§ DATA EXTRACTS:

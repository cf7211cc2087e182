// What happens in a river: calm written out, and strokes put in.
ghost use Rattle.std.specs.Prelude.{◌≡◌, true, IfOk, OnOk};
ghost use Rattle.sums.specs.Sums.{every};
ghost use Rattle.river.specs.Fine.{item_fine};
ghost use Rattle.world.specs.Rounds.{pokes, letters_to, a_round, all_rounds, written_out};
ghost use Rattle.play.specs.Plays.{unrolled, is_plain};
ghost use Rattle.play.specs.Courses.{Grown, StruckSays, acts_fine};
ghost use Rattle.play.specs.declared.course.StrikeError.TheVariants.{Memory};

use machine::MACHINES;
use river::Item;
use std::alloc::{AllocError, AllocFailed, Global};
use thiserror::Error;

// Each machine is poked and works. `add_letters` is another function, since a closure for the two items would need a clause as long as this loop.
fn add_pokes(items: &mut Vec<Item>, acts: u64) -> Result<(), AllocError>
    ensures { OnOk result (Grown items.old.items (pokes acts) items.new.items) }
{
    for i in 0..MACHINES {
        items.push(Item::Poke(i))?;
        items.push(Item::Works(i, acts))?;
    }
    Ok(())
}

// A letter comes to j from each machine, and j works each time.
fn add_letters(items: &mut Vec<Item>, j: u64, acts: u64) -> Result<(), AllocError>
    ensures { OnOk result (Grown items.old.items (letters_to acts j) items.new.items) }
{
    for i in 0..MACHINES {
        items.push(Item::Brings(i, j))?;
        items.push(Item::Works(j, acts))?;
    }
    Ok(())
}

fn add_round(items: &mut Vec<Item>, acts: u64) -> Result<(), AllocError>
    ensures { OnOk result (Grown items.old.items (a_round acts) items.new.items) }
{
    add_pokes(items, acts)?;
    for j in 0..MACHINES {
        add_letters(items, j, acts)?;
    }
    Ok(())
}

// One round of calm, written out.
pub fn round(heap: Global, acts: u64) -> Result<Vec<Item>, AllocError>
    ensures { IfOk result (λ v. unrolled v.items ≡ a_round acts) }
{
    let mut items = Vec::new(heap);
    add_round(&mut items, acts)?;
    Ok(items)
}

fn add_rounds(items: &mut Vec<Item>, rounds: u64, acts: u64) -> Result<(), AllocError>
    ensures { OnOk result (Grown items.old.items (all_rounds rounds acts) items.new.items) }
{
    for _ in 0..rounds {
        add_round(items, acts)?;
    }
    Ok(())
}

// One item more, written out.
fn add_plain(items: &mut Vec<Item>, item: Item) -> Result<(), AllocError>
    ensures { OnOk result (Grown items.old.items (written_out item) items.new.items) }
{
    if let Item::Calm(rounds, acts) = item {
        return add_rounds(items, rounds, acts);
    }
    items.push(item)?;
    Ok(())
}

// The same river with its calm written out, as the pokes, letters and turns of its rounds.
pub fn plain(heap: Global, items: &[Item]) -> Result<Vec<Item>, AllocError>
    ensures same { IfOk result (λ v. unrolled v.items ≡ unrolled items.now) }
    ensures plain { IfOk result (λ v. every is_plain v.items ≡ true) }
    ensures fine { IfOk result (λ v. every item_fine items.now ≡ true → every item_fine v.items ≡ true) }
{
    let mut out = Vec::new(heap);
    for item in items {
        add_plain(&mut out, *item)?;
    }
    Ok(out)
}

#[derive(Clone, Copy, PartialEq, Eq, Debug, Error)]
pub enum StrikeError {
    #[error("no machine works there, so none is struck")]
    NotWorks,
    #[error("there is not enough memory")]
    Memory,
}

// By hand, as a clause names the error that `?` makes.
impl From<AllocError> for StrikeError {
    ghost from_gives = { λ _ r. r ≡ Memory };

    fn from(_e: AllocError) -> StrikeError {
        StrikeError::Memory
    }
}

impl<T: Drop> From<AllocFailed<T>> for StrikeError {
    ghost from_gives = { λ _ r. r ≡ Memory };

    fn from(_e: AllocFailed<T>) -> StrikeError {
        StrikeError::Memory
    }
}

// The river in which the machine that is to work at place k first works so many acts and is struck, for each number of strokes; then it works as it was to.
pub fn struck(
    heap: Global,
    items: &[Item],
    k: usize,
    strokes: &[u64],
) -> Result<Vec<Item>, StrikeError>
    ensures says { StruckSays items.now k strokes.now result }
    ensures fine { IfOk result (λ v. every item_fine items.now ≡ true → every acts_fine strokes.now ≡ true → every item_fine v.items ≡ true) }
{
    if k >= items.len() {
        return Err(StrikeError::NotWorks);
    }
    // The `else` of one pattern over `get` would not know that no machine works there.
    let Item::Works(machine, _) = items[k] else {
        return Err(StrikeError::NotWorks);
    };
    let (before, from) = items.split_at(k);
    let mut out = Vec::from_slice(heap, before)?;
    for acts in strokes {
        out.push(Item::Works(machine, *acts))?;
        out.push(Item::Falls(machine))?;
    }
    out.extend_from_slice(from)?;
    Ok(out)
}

§ WHAT IS NEEDED: Copy every line above that includes the string "true".

§ ANSWER TO THE PROBLEM:
ghost use Rattle.std.specs.Prelude.{◌≡◌, true, IfOk, OnOk};
    ensures plain { IfOk result (λ v. every is_plain v.items ≡ true) }
    ensures fine { IfOk result (λ v. every item_fine items.now ≡ true → every item_fine v.items ≡ true) }
    ensures fine { IfOk result (λ v. every item_fine items.now ≡ true → every acts_fine strokes.now ≡ true → every item_fine v.items ≡ true) }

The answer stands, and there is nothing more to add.